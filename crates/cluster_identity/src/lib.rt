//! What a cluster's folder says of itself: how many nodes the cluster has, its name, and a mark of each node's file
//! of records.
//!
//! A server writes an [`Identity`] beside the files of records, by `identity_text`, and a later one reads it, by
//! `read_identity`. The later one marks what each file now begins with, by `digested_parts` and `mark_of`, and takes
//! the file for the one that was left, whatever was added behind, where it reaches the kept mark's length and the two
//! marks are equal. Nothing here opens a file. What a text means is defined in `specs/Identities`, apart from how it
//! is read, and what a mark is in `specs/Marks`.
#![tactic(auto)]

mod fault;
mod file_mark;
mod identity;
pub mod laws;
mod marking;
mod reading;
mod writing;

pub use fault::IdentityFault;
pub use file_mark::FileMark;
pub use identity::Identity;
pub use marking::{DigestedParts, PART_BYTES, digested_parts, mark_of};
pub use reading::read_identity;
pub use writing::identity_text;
--
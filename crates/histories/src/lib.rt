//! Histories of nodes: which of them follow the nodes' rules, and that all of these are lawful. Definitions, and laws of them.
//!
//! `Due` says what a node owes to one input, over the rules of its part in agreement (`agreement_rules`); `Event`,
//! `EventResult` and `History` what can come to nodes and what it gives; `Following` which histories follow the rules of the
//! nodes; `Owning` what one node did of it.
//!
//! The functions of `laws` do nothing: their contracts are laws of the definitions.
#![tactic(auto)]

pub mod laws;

#### Exercise description
Please copy the lines in the records above between the one holding "filename crates/cluster_identity/src/lib.rt" and the one holding "pub use fault::IdentityFault;", inclusive, exactly and with no other line.

#### Response below
filename crates/cluster_identity/src/lib.rt
//! What a cluster's folder says of itself: how many nodes the cluster has, its name, and a mark of each node's file
//! of records.
//!
//! A server writes an [`Identity`] beside the files of records, by `identity_text`, and a later one reads it, by
//! `read_identity`. The later one marks what each file now begins with, by `digested_parts` and `mark_of`, and takes
//! the file for the one that was left, whatever was added behind, where it reaches the kept mark's length and the two
//! marks are equal. Nothing here opens a file. What a text means is defined in `specs/Identities`, apart from how it
//! is read, and what a mark is in `specs/Marks`.
#![tactic(auto)]

mod fault;
mod file_mark;
mod identity;
pub mod laws;
mod marking;
mod reading;
mod writing;

pub use fault::IdentityFault;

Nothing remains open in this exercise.